Objective Myelofibrosis is a rare chronic myelolymphoproliferative disease and is associated with increased risk of venous thromboembolism. The objective of this study is to retrospectively evaluate patients with primary myelofibrosis who underwent abdominal US, MDCT and MRI, in order to identify the development of portal thrombosis and its correlation with portal-biliary cavernoma.

Methods We evaluated 125 patients with initial diagnosis of primary myelofibrosis and nonspecific abdominal pain who had undergone US with color Doppler. In 13 patients (8 men, 5 females; age: 45–85), US detected portal thrombosis with associated portal-biliary cavernoma. All patients subsequently underwent contrast-enhanced MDCT and MRI and 4 patients MR-cholangiography. The correlation between primary myelofibrosis and portal thrombosis and cavernoma respectively was calculated using χ² test.

Results About 10% of patients with primary myelofibrosis preliminary evaluated with US had partial (8 pts) or complete (5 pts) portal thrombosis associated with portal-biliary cavernoma with a χ² = 0. In all patients, US detected a concentric thickening of main bile duct (MBD) wall (mean value: 7 mm); color Doppler always showed dilated venous vessels within the thickened wall of the biliary tract. Contrast-enhanced CT and MRI confirmed thickening of MBD walls with their progressive enhancement and allowed better assessment of the extent of the portal system thrombosis. MR-cholangiography showed a thin appearance of the MBD lumen with evidence of ab extrinsic compression.

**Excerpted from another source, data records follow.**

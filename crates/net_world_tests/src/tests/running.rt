//! What no clause shows: that scripts print what the manual says, and how a run ends that fails.

use super::ends::{Reading, expect, whole};
use super::lines::UNREAD;
use super::scripts::{ANSWERS, ANSWERS_LINES, PIECES, PIECES_LINES, STORED, STORED_LINES};
use fake_io::{held_output, page_with, source_of};
use net_script::{MAX_SCRIPT, ScriptFault, run_script};
use std::alloc::{AllocError, AllocGlobal, Global};
use std::process::Abort;
use std::test::Fail;

/// Scripts, what they print, and their status.
const SCRIPTS: &[(&str, &str, u8)] = &[
    ("", "", 0),
    ("# nothing\n\n \t\n", "", 0),
    ("servers 8", "ok\n", 0),
    // A first command that isn't `servers`, by its own number, and `servers` again.
    ("\ntick\n", "bad line 2\n", 2),
    ("begin\n[a]\n", "bad line 1\n", 2),
    ("# c\nservers 0\n", "bad line 2\n", 2),
    ("servers 1\nservers 1\ntick\n", "ok\nbad line 2\n", 2),
    // A text that isn't closed, by the number of the last line.
    ("servers 1\nbegin\n", "ok\nbad line 2\n", 2),
    ("servers 1\ntick\nbegin\n[a]\n", "ok\nok\nbad line 4\n", 2),
    ("servers 1\nbegin\n[a]\nsize=4k", "ok\nbad line 4\n", 2),
    ("servers 1\nverify 1\n .\n. \n.\r\n", "ok\nbad line 5\n", 2),
    // A closed text, with lines in it that would be commands, or nothing, elsewhere.
    (
        "servers 1\nbegin\n# c\n\nservers 9\n.\n",
        "ok\nok run 1\nsent 0 client 0 Jobs 39\n",
        0,
    ),
    ("servers 1\nverify 1\n.", "ok\nrefused 70 NoSuchRun\n", 0),
    // Numbers are compared as numbers, however great they are.
    ("servers 1\nissue 0 4294967296\n", "ok\nok stopped\n", 0),
    (
        "servers 1\nissue 4294967296 0\n",
        "ok\nrefused 85 NoServer\n",
        0,
    ),
    (
        "servers 1\nrot 0 4294967296 0 0\n",
        "ok\nrefused 83 NoWrite\n",
        0,
    ),
    (
        "servers 1\nland 0 4294967296 0 all\n",
        "ok\nrefused 83 NoWrite\n",
        0,
    ),
    ("servers 8\ncut 8\n", "ok\nrefused 85 NoServer\n", 0),
    (
        "servers 1\nrot 0 15 18446744073709551615 255\n",
        "ok\nok\n",
        0,
    ),
    (
        "servers 1\ndeliver 18446744073709551615\n",
        "ok\nrefused 80 NoFrame\n",
        0,
    ),
    // A cut within a save prints no number, though one is used up.
    (
        "servers 1\ncutnew begin\n.\nrestart client\nbegin\n.\n",
        "ok\nok\nok\nok run 2\nsent 0 client 0 Jobs 24\n",
        0,
    ),
    (PIECES, PIECES_LINES, 0),
    (ANSWERS, ANSWERS_LINES, 1),
];

#[test]
fn scripts_print_their_lines(rt: HostRuntime) {
    for (script, lines, status) in SCRIPTS {
        let reading = whole(script.as_bytes());
        expect(&rt, reading, lines.as_bytes(), Ok(*status));
    }
    let reading = Reading {
        step: 1,
        ..whole(STORED.as_bytes())
    };
    expect(&rt, reading, STORED_LINES.as_bytes(), Ok(0));
}

/// A script whose fourth line is this one. Where memory runs out, it is made once more.
fn with_line(alloc: Global, line: &str) -> Result<String, AllocError> {
    match with_line_once(alloc, line) {
        Ok(script) => Ok(script),
        Err(_) => with_line_once(alloc, line),
    }
}

fn with_line_once(alloc: Global, line: &str) -> Result<String, AllocError> {
    let mut script = String::new(alloc);
    script.push_str("servers 1\n\n# c\n")?;
    script.push_str(line)?;
    script.push_str("\ntick\n")?;
    Ok(script)
}

#[test]
fn bad_lines_end_a_script(rt: HostRuntime) -> Result<(), Fail> {
    for line in UNREAD {
        let script = with_line(rt.alloc(), line)?;
        expect(&rt, whole(script.as_bytes()), b"ok\nbad line 4\n", Ok(2));
    }
    Ok(())
}

/// A script of so many bytes, most of them a comment. Where memory runs out, it is made once more.
fn script_of_length(alloc: Global, length: usize) -> Result<Vec<u8>, AllocError> {
    match script_of_length_once(alloc, length) {
        Ok(script) => Ok(script),
        Err(_) => script_of_length_once(alloc, length),
    }
}

fn script_of_length_once(alloc: Global, length: usize) -> Result<Vec<u8>, AllocError> {
    let mut script = Vec::from_slice(alloc, b"servers 1\n#")?;
    script.resize(length, b'x')?;
    Ok(script)
}

#[test]
fn longest_script(rt: HostRuntime) -> Result<(), Fail> {
    let script = script_of_length(rt.alloc(), MAX_SCRIPT)?;
    expect(&rt, whole(&script), b"ok\n", Ok(0));
    let script = script_of_length(rt.alloc(), MAX_SCRIPT + 1)?;
    expect(&rt, whole(&script), b"too long\n", Ok(2));
    Ok(())
}

/// How many bytes a read gives.
const STEP: usize = 16;

/// The stored run, of which the reads fail from this number on.
fn failing_stored(failing_read: u32) -> Reading<'static> {
    Reading {
        step: STEP,
        failing_read,
        ..whole(STORED.as_bytes())
    }
}

/// No script, behind so many interrupted reads.
fn interrupted(interruptions: u32) -> Reading<'static> {
    Reading {
        interruptions,
        ..whole(b"")
    }
}

/// Each read fails in turn, and the one that tells the end; the one behind that isn't made.
#[test]
fn failed_reads(rt: HostRuntime) {
    let unread = Err(ScriptFault::ReadError);
    let reads = STORED.len().div_ceil(STEP) as u32 + 1;
    for read in 0..reads {
        expect(&rt, failing_stored(read), b"", unread);
    }
    let lines = STORED_LINES.as_bytes();
    expect(&rt, failing_stored(reads), lines, Ok(0));
    expect(&rt, interrupted(2_000_000), b"", unread);
    expect(&rt, interrupted(1_999_999), b"", Ok(0));
}

/// Whether a script is refused the first write that finds no room, and makes none behind it.
fn stops_at_failed_write(alloc: Global, script: &str, lines: &str, room: usize) -> bool {
    let mut page = page_with(alloc, room);
    let ended = run_script(alloc, &mut source_of(script.as_bytes()), &mut page);
    ended == Err(ScriptFault::WriteError)
        && page.late_writes == 0
        && lines.as_bytes().starts_with(page.text.as_slice())
}

/// Checks that. Where memory runs out, the script is run once more.
fn expect_unwritten<R: Abort + AllocGlobal>(rt: &R, script: &str, lines: &str, room: usize) {
    let stops = stops_at_failed_write(rt.alloc(), script, lines, room)
        || stops_at_failed_write(rt.alloc(), script, lines, room);
    assert!(rt; stops, "{room}");
}

/// A short script, and what it prints.
const SHORT: &str = "servers 1\nbegin\n.\ntick\ndeliver 2\n";

const SHORT_LINES: &str =
    "ok\nok run 1\nsent 0 client 0 Jobs 24\nok\nsent 1 client 0 Jobs 24\nrefused 80 NoFrame\n";

/// The room ends within each line of a long script, and at each byte of a short one.
#[test]
fn failed_writes(rt: HostRuntime) {
    for line in 0..38 {
        expect_unwritten(&rt, STORED, STORED_LINES, 12 * line);
    }
    for room in 0..SHORT_LINES.len() {
        expect_unwritten(&rt, SHORT, SHORT_LINES, room);
    }
    let lines = SHORT_LINES.as_bytes();
    expect(&rt, whole(SHORT.as_bytes()), lines, Ok(0));
}

/// Whether the stored run shows its lines by one flush, or fails where that does.
fn is_flushed(alloc: Global, fails: bool) -> bool {
    let mut output = held_output(alloc);
    output.fails = fails;
    let ended = run_script(alloc, &mut source_of(STORED.as_bytes()), &mut output);
    if output.flushes != 1 {
        return false;
    }
    if fails {
        ended == Err(ScriptFault::WriteError)
    } else {
        ended == Ok(0) && output.shown.as_slice() == STORED_LINES.as_bytes()
    }
}

/// Where memory runs out, the run is made once more.
#[test]
fn lines_are_flushed(rt: HostRuntime) {
    assert!(rt; is_flushed(rt.alloc(), false) || is_flushed(rt.alloc(), false));
}

#[test]
fn failed_flush(rt: HostRuntime) {
    assert!(rt; is_flushed(rt.alloc(), true) || is_flushed(rt.alloc(), true));
}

Conclusions The evidence of portal thrombosis and portal-biliary cavernoma in 10% of the patients with primary myelofibrosis indicates a close correlation between the two diseases. In the detection of portal thrombosis and portal-biliary cavernoma, US with color Doppler is the most reliable and economical diagnostic technique while contrast-enhanced MDCT and MRI allow better assessment of the extent of the portal vein thrombosis and of the complications of myelofibrosis.

Publikationsverlauf

Artikel online veröffentlicht:
12. Oktober 2020

© 2020. Indian Society of Gastrointestinal and Abdominal Radiology. This is an open access article published by Thieme under the terms of the Creative Commons Attribution-NonDerivative-NonCommercial-License, permitting copying and reproduction so long as the original work is given appropriate credit. Contents may not be used for commercial purposes, or adapted, remixed, transformed or built upon. (https://creativecommons.org/licenses/by-nc-nd/4.0/).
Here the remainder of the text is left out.